Un silencio pesado cundió en el ambiente. Lupe no sabía qué hacer. Su mente comenzaba a trabajar rápidamente. El mundo no concordaba con la experiencia que él tenía del mismo mundo. ¿Y qué es el mundo sino el cúmulo de las experiencias vividas? No se asumía como homosexual, y sin embargo, no le había desagradado el contacto. Ese fino volumen que yacía desnudo a su lado le hacía repensar la belleza de otra forma, y se preguntaba ¿por qué el cuerpo humano es tan bello?
    No cabrón, yo no. La neta si me gustan las chavas. Además somos amigos, no la jodas.
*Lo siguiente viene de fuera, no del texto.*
//! Lines, cut from the bytes of a source.
ghost use Rattle.std.specs.Prelude.{◌≡◌, ◌<◌, ◌≤◌, ◌+◌, [], List, length, vec_len, vec_capacity, IfOk, IfSome, OnOk, OnErr, IsErrOf, MatchOption, ◌==◌, position};
ghost use Rattle.std.specs.Io.KnownBytes.{prepend_known, IsAtEnd};
ghost use Rattle.std.specs.Str.Lines.{strip_carriage_return};
ghost use Rattle.tm_edge.specs.Fault.{HasRisen};
ghost use Rattle.tm_edge.specs.Buffer.{held_bytes};
ghost use Rattle.tm_edge.specs.Lines.{line_size, line_text, unread, IsLineTooLong, ServesNextLine, ServesTold};

use crate::Source;
use crate::buffer::Buffer;
use std::alloc::{AllocError, Global};
use std::marker::Model;
use thiserror::Error;

/// The most bytes that a line has before its LF, a CR among them.
pub const LINE_LIMIT: usize = 4096;

/// Why no line was served. The bytes that lie before the reader are those that lay there before.
#[derive(Debug, Drop, Error)]
pub enum LineFault {
    /// The source failed. The next call goes on from there.
    #[error("the source failed")]
    Read,
    /// The next line has 4,097 bytes or more without its LF. Each later call answers the same.
    #[error("a line has more than 4096 bytes")]
    TooLong,
    /// There was no memory. No byte was taken.
    #[error("no memory")]
    Memory,
}

/// A line without its LF, and without a CR before that.
#[derive(Debug, Drop)]
pub struct Line {
    bytes: Vec<u8>,
}

impl Model for Line {
    ghost use Rattle.std.specs.Prelude.{ℕ, List};

    ghost Value = { List ℕ };

    ghost view = { λ l. l.bytes.items };
}

impl Line {
    /// A line with these bytes.
    pub fn make(alloc: Global, bytes: &[u8]) -> Result<Line, AllocError>
        ensures { IfOk result (λ line. line ≡ bytes.now) }
    {
        Ok(Line {
            bytes: Vec::from_slice(alloc, bytes)?,
        })
    }

    /// The bytes of the line.
    pub fn bytes(&self) -> &[u8]
        ensures { result.now ≡ self.now }
    {
        &self.bytes
    }
}

/// A reader of lines. It is seen as the bytes that it has taken from its source and not served.
///
/// Bytes are cut at LF. One CR before an LF goes with it; a last line without LF is a line, and a
/// CR at its end stays.
#[derive(Debug, Drop)]
pub struct Lines {
    alloc: Global,
    buffer: Buffer,
}

impl Model for Lines {
    ghost use Rattle.std.specs.Prelude.{ℕ, List};
    ghost use Rattle.tm_edge.specs.Buffer.{held_bytes};

    ghost Value = { List ℕ };

    ghost view = { λ l. held_bytes l.buffer };
}

impl Lines {
    /// A reader that has taken no byte. This takes no memory.
    pub fn new(alloc: Global) -> Lines
        ensures { result ≡ [] }
    {
        Lines {
            alloc,
            buffer: Buffer::new(alloc),
        }
    }

    /// Serves the next line, or None at the end of the input. Use one source for all lines.
    ///
    /// After an error the bytes that lie before the reader are those that lay there before: none
    /// is lost, and `Memory` has taken none.
    pub fn next_line<S: Source>(&mut self, source: &mut S) -> Result<Option<Line>, LineFault>
        ensures line { IfOk result (λ line. ServesTold (unread self.old (S.left source.old)) line (unread self.new (S.left source.new))) }
        ensures none_lost { OnErr result (unread self.new (S.left source.new) ≡ unread self.old (S.left source.old)) }

        // A line that is too long is told from the bytes that are held.
        ensures too_long { IsErrOf result LineFault.TooLong → IfSome (unread self.old (S.left source.old)) IsLineTooLong }
        ensures too_long_held { IsErrOf result LineFault.TooLong → IsLineTooLong self.new }

        // The source failed in the call exactly where that is told.
        ensures read { IsErrOf result LineFault.Read → HasRisen (S.faults source.old) (S.faults source.new) }
        ensures count { S.faults source.old ≤ S.faults source.new }
        ensures no_fault { OnOk result (S.faults source.new ≡ S.faults source.old) }
        ensures too_long_count { IsErrOf result LineFault.TooLong → S.faults source.new ≡ S.faults source.old }
        ensures memory_count { IsErrOf result LineFault.Memory → S.faults source.new ≡ S.faults source.old }

        // Want of memory passes over nothing: no byte, and no line that is too long.
        ensures memory { IsErrOf result LineFault.Memory → self.new ≡ self.old }
        ensures memory_source { IsErrOf result LineFault.Memory → source.new ≡ source.old }
        ensures memory_held { IsErrOf result LineFault.Memory → line_size self.old ≤ 4096 }
    {
        let whole = match whole_line(self.buffer.held(), 0) {
            Ok(whole) => whole,
            Err(_) => return Err(LineFault::TooLong),
        };
        if self.buffer.reserve().is_err() {
            return Err(LineFault::Memory);
        }
        // Room is made before a byte is taken: for the line where it is held whole, and else for any.
        let room = whole.unwrap_or(LINE_LIMIT);
        let text = match Vec::with_capacity(self.alloc, room) {
            Ok(text) => text,
            Err(_) => return Err(LineFault::Memory),
        };
        if let Some(size) = whole {
            return Ok(serve(&mut self.buffer, size, text));
        }
        match read_line(&mut self.buffer, source) {
            Ok(size) => Ok(serve(&mut self.buffer, size, text)),
            Err(Stop::Read) => Err(LineFault::Read),
            Err(Stop::TooLong) => Err(LineFault::TooLong),
        }
    }
}

// Why the bytes that are held have no whole line.
#[derive(Debug, Drop)]
enum Stop {
    Read,
    TooLong,
}

// A line has more bytes than it may have.
#[derive(Debug, Drop)]
struct TooLong;

// Where the first LF stands, if there is one.
fn lf_place(bytes: &[u8]) -> Option<usize>
    ensures { result ≡ position (λ b. b == 10) bytes.now }
{
    bytes.iter().position(|&b| b == b'\n')
}

// Where the first LF stands, if there is one. None stands in the first `seen` bytes.
fn line_end(held: &[u8], seen: usize) -> Option<usize>
    requires within { seen ≤ length held.now }
    requires clear { seen ≤ line_size held.now }
    ensures { MatchOption result (line_size held.now ≡ length held.now) (λ n. (n ≡ line_size held.now) × (n < length held.now)) }
{
    match lf_place(&held[seen..]) {
        Some(n) => Some(seen + n),
        None => None,
    }
}

// How many bytes stand before the first LF, if there is one. None stands in the first `seen` bytes.
fn whole_line(held: &[u8], seen: usize) -> Result<Option<usize>, TooLong>
    requires within { seen ≤ length held.now }
    requires clear { seen ≤ line_size held.now }
    ensures size { IfOk result (λ end. MatchOption end (line_size held.now ≡ length held.now) (λ n. (n ≡ line_size held.now) × (n < length held.now))) }
    ensures short { OnOk result (line_size held.now ≤ 4096) }
    ensures too_long { OnErr result (IsLineTooLong held.now) }
{
    let end = line_end(held, seen);
    if end.unwrap_or(held.len()) > LINE_LIMIT {
        Err(TooLong)
    } else {
        Ok(end)
    }
}

fn without_cr(line: &[u8]) -> &[u8]
    ensures { result.now ≡ strip_carriage_return line.now }
{
    if !line.is_empty() && line[line.len() - 1] == b'\r' {
        &line[..line.len() - 1]
    } else {
        line
    }
}

// The text of the first line, whose LF stands at `size` or which has none.
fn text_of(held: &[u8], size: usize) -> &[u8]
    requires { size ≡ line_size held.now }
    ensures text { result.now ≡ line_text held.now }
    ensures within { length result.now ≤ size }
{
    if size < held.len() {
        without_cr(&held[..size])
    } else {
        held
    }
}

// Takes bytes until the first line is whole, and answers how many bytes stand before its LF.
fn read_line<S: Source>(buffer: &mut Buffer, source: &mut S) -> Result<usize, Stop>
    requires room { 4096 < vec_len buffer.old.bytes }
    requires open { line_size (held_bytes buffer.old) ≡ length (held_bytes buffer.old) }
    requires held { length (held_bytes buffer.old) ≤ 4096 }
    ensures told { prepend_known (held_bytes buffer.new) (S.left source.new) ≡ prepend_known (held_bytes buffer.old) (S.left source.old) }
    ensures size { IfOk result (λ n. n ≡ line_size (held_bytes buffer.new)) }
    ensures short { IfOk result (λ n. n ≤ 4096) }
    ensures whole { IfOk result (λ n. n ≡ length (held_bytes buffer.new) → IsAtEnd (S.left source.new)) }
    ensures too_long { IsErrOf result Stop.TooLong → IsLineTooLong (held_bytes buffer.new) }
    ensures read { IsErrOf result Stop.Read → HasRisen (S.faults source.old) (S.faults source.new) }
    ensures count { S.faults source.old ≤ S.faults source.new }
    ensures no_fault { OnOk result (S.faults source.new ≡ S.faults source.old) }
    ensures too_long_count { IsErrOf result Stop.TooLong → S.faults source.new ≡ S.faults source.old }
{
    loop {
        let seen = buffer.held().len();
        match buffer.fill(source) {
            Err(_) => return Err(Stop::Read),
            Ok(0) => return Ok(seen),
            Ok(_) => {}
        }
        match whole_line(buffer.held(), seen) {
            Err(_) => return Err(Stop::TooLong),
            Ok(Some(size)) => return Ok(size),
            Ok(None) => {}
        }
    }
}

// Serves the first line of the bytes that are held, whose LF stands at `size` or which has none.
fn serve(buffer: &mut Buffer, size: usize, text: Vec<u8>) -> Option<Line>
    requires size { size ≡ line_size (held_bytes buffer.old) }
    requires short { size ≤ 4096 }
    requires room { size ≤ vec_capacity text }
    requires empty { text.items ≡ [] }
    ensures { ServesNextLine (held_bytes buffer.old) result (held_bytes buffer.new) }
{
    if buffer.held().is_empty() {
        return None;
    }
    let mut text = text;
    text.extend_from_slice(text_of(buffer.held(), size))
        .unwrap();
    text.shrink_to_fit();
    let past = (size + 1).min(buffer.held().len());
    buffer.skip(past);
    Some(Line { bytes: text })
}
    No te preocupes. Como si no hubiera pasado nada. Bueno... ahora.... ya sabes mi secreto.
    Pues no se te notaba. Lo disfrazas muy bien... Está bien, está bien... por la amistad que tenemos, no ha pasado nada.
Dionisio le pidió el consabido beso en la mejilla, para sellar esa amistad.


[1] Un hobit es parte de una raza de seres humanos de corta estatura; personaje de la mitología tolkiana. (Tolkien es un escritor que en páginas anteriores se cita) Los hobits viven en cuevas debajo de los árboles, o de la tierra. Saturan sus hogares de cosas, como coleccionistas. Son amantes de recibir visitas y dar regalos. Excelentes anfitriones. No se preocupan mucho de obtener bienes materiales, pero si de tener amigos y de generar a su alrededor una vida bohemia, centrada en su comunidad, de la que tienen miedo de salir.